▸ Provided records:

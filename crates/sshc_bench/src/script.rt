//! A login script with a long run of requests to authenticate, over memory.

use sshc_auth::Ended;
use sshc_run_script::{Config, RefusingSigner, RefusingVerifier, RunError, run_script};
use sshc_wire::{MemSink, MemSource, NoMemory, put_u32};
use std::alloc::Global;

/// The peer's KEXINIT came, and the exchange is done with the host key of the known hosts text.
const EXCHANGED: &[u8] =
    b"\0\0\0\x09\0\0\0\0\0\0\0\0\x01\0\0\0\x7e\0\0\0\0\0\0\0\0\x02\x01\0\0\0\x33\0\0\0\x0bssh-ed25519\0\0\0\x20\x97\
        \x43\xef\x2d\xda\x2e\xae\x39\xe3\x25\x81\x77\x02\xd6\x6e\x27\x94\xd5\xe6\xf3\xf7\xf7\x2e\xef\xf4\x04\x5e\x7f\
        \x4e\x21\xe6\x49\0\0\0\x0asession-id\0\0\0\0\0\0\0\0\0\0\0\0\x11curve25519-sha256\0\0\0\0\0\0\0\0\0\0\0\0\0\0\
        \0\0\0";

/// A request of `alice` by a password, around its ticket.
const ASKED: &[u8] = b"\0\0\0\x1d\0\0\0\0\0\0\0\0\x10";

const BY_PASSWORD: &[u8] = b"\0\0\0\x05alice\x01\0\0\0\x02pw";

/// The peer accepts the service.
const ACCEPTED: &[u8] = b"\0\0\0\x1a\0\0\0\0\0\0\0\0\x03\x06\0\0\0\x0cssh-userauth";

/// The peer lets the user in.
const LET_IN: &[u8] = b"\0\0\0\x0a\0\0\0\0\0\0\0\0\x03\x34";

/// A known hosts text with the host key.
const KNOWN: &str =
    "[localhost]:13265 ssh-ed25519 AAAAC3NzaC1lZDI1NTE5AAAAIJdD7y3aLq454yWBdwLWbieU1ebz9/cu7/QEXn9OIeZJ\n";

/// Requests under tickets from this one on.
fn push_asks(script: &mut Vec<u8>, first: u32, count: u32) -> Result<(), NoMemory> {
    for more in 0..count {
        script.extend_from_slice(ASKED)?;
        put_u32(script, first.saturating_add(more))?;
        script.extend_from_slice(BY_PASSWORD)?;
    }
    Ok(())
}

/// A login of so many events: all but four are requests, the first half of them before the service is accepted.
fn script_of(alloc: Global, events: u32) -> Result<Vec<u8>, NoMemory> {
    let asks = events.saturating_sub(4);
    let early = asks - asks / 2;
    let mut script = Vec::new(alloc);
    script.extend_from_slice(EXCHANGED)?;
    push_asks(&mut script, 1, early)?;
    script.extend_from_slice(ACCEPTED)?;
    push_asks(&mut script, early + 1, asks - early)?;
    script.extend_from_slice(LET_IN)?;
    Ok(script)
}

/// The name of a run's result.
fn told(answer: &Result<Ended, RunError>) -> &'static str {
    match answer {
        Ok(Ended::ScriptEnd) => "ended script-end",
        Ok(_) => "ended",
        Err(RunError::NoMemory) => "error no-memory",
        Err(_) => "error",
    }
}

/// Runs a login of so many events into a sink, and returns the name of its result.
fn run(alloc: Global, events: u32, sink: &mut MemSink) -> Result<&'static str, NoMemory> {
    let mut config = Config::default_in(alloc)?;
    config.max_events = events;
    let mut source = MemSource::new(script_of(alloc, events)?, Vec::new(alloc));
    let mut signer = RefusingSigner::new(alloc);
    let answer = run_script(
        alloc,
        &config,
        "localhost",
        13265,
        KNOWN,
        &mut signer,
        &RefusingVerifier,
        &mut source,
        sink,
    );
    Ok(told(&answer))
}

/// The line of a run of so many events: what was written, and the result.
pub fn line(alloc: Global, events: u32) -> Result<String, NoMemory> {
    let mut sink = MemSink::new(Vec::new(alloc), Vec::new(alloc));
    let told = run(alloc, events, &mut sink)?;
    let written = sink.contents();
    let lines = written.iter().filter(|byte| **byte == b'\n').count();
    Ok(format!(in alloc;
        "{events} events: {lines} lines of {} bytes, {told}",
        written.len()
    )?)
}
...
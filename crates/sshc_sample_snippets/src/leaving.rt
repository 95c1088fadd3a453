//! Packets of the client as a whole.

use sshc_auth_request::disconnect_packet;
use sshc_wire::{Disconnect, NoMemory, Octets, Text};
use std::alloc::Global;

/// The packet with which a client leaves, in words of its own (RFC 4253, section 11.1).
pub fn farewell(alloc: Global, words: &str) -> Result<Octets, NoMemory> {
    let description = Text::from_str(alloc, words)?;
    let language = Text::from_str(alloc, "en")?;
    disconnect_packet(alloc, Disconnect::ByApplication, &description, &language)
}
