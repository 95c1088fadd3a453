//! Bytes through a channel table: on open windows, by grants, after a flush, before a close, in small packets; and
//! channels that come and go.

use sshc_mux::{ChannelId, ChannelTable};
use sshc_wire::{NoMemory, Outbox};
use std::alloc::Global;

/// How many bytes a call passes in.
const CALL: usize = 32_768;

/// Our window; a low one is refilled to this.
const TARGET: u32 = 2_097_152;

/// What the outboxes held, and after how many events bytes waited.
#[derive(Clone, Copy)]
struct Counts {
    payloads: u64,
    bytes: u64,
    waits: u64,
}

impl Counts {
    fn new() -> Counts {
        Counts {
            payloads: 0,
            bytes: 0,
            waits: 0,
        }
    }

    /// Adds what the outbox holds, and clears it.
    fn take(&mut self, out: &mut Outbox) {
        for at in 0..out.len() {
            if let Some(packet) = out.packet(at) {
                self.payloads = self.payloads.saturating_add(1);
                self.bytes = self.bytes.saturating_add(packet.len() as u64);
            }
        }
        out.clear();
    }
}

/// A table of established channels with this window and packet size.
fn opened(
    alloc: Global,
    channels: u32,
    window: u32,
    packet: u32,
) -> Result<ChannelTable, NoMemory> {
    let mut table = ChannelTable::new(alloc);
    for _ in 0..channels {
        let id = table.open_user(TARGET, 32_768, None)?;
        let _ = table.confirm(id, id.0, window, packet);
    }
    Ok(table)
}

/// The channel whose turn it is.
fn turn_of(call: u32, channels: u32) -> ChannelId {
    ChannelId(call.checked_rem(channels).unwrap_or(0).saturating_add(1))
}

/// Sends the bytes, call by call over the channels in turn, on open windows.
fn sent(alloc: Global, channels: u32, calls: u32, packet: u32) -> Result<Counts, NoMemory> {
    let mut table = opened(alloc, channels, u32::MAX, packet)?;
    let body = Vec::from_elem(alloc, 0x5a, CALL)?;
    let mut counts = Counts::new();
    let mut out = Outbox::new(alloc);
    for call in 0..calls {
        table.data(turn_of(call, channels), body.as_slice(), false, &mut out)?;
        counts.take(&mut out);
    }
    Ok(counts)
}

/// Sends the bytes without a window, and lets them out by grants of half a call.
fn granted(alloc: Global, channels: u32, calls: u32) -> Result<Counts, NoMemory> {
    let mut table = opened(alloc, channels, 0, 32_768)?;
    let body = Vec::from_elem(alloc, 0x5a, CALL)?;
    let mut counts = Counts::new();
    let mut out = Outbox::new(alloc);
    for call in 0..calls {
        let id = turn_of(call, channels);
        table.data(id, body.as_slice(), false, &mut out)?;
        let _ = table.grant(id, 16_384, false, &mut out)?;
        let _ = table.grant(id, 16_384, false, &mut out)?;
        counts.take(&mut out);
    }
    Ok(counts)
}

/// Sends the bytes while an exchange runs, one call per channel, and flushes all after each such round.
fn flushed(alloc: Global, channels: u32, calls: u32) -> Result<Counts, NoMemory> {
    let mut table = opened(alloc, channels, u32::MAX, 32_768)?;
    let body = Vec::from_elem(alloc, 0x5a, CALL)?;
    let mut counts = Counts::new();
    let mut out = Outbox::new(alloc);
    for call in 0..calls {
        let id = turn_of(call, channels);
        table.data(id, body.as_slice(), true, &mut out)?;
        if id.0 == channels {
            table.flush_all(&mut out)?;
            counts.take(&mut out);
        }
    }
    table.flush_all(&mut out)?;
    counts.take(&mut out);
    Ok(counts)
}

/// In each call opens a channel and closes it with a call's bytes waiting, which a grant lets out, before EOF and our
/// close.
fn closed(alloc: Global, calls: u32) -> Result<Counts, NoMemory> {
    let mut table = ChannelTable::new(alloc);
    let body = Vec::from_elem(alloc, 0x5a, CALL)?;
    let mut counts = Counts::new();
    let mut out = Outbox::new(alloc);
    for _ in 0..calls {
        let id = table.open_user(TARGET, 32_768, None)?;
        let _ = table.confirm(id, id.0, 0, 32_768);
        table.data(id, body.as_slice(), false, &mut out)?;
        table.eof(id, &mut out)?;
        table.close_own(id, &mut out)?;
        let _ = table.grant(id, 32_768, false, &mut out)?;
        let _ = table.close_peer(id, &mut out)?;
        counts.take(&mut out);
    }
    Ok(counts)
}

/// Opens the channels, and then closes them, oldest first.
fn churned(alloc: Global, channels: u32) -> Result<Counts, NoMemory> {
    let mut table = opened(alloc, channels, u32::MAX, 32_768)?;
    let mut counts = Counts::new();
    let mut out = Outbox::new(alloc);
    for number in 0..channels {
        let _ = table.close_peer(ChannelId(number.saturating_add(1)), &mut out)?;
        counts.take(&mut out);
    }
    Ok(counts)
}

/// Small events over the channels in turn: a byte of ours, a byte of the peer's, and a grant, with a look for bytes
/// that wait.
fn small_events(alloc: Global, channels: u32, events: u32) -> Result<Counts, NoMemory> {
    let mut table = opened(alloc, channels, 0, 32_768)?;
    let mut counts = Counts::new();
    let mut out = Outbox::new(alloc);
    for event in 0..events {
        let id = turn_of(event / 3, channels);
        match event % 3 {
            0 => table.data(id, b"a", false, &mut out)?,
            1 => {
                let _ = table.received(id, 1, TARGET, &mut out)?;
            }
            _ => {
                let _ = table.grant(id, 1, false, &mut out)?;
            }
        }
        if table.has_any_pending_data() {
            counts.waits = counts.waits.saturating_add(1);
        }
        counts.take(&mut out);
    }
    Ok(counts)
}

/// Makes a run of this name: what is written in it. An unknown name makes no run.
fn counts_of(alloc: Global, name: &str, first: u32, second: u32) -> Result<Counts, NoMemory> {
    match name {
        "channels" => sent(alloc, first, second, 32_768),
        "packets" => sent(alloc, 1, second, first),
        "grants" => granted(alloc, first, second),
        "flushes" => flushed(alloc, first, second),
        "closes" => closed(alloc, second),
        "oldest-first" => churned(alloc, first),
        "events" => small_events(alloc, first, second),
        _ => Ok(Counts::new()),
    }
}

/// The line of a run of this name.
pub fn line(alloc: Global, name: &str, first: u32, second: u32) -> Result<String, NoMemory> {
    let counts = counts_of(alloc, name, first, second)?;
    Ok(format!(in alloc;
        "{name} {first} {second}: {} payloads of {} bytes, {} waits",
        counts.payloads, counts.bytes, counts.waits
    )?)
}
--
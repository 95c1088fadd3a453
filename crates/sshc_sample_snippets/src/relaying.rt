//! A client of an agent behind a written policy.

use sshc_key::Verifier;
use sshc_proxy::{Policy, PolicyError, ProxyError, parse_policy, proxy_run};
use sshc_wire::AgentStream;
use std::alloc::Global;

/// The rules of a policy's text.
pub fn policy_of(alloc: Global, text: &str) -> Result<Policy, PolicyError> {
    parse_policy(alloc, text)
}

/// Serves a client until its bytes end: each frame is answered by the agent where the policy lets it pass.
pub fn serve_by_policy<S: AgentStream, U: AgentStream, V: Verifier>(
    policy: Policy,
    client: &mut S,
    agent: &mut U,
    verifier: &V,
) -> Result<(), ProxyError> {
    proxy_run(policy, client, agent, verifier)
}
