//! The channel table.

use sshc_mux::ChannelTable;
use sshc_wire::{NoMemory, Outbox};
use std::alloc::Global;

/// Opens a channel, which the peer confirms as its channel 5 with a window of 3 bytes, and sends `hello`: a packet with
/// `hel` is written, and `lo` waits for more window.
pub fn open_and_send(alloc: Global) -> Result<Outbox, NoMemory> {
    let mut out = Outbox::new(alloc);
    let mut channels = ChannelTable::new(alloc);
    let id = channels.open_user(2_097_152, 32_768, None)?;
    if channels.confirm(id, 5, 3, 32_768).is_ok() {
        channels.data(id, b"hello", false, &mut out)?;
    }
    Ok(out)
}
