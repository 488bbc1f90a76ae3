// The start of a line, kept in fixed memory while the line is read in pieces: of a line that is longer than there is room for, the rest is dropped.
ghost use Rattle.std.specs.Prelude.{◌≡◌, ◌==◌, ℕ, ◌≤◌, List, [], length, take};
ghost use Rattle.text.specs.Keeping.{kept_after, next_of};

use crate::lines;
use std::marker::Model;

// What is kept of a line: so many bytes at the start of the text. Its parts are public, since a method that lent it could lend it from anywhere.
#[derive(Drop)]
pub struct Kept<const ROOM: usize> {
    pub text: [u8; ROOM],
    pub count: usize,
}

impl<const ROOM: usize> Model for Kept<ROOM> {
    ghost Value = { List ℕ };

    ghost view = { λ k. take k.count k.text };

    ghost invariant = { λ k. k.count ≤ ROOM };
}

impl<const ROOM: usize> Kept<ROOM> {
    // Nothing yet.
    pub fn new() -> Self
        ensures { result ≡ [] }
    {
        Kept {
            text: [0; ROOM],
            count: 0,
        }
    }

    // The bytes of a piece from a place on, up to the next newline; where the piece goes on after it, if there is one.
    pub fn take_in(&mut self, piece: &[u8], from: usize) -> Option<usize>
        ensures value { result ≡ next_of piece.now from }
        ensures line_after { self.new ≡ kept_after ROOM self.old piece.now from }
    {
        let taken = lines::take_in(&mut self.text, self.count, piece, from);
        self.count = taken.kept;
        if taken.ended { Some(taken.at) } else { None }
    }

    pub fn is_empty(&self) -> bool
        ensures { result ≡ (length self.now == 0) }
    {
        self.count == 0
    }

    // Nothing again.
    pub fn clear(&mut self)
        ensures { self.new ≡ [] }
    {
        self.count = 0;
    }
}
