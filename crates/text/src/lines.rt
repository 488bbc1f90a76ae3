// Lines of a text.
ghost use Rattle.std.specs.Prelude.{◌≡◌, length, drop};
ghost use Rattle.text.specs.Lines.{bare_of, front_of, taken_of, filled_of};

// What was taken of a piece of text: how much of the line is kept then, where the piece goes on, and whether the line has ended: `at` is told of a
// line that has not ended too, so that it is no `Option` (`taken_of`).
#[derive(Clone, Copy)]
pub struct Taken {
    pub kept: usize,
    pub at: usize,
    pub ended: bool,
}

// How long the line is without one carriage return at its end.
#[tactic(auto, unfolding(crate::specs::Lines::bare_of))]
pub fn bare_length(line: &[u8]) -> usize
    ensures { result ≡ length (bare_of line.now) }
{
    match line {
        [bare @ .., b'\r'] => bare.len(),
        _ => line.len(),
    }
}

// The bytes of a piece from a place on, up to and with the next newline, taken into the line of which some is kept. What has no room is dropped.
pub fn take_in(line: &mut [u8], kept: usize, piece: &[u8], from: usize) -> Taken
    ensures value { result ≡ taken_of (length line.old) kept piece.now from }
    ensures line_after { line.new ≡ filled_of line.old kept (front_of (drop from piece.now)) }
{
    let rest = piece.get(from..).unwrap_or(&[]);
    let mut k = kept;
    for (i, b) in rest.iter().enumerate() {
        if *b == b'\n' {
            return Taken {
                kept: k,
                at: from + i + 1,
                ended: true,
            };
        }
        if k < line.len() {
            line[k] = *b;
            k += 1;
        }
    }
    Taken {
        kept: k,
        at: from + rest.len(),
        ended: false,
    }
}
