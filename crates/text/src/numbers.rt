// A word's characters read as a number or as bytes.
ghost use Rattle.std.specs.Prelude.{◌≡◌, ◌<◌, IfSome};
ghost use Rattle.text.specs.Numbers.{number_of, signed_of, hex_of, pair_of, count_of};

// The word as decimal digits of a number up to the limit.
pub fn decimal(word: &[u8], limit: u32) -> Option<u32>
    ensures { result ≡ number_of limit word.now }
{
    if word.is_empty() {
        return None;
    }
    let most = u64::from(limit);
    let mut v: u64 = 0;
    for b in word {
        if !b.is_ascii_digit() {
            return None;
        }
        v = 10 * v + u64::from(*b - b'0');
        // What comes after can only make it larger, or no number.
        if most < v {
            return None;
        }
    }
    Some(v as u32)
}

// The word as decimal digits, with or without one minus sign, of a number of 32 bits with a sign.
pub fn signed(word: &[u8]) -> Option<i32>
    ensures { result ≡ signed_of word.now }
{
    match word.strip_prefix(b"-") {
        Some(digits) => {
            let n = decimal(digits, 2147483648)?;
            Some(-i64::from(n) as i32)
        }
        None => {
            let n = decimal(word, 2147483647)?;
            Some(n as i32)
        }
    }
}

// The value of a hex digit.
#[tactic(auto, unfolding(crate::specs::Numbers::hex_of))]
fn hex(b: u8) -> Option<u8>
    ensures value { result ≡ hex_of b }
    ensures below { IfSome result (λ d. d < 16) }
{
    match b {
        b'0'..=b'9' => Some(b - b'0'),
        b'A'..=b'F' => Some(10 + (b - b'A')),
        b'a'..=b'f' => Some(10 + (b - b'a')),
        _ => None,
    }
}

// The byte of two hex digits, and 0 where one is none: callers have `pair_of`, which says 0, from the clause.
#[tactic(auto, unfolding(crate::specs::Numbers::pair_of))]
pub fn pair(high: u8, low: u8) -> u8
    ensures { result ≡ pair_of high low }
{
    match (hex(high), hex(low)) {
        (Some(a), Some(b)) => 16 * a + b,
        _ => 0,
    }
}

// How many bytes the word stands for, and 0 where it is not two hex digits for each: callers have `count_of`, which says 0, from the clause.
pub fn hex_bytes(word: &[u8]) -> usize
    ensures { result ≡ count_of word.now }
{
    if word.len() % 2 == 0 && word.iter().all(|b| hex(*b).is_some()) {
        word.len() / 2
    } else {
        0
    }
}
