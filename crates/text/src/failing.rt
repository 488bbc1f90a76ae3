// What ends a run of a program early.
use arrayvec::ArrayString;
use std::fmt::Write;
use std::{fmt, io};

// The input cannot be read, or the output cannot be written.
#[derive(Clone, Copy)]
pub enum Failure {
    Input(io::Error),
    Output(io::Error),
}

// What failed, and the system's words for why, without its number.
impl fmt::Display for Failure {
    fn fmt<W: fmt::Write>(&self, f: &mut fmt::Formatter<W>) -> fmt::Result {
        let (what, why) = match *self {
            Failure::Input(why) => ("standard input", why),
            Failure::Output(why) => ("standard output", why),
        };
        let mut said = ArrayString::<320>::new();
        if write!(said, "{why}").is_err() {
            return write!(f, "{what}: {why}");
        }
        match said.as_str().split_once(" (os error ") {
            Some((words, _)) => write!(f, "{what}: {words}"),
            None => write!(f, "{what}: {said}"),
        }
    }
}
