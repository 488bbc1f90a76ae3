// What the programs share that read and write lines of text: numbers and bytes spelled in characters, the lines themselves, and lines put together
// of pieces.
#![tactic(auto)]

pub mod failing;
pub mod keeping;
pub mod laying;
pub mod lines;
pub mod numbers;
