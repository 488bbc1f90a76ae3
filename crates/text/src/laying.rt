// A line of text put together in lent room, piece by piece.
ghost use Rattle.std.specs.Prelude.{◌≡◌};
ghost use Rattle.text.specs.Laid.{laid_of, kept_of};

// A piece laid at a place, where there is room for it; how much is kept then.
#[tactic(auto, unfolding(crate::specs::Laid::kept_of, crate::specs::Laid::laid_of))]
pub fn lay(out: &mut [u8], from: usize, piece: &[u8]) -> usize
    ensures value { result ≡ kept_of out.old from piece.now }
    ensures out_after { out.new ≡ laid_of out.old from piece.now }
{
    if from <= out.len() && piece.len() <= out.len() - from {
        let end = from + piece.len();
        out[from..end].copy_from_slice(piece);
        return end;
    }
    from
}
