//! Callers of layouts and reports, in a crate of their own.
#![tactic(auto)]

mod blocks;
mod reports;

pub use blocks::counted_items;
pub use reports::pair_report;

▸ Task description:
What is needed is a verbatim copy of every line in the records above from the one containing "filename crates/sshc_bench/src/script.rt" down to the one containing "const EXCHANGED: &[u8]", both included, and nothing more.

▸ Expected output:
filename crates/sshc_bench/src/script.rt
//! A login script with a long run of requests to authenticate, over memory.

use sshc_auth::Ended;
use sshc_run_script::{Config, RefusingSigner, RefusingVerifier, RunError, run_script};
use sshc_wire::{MemSink, MemSource, NoMemory, put_u32};
use std::alloc::Global;

/// The peer's KEXINIT came, and the exchange is done with the host key of the known hosts text.
const EXCHANGED: &[u8] =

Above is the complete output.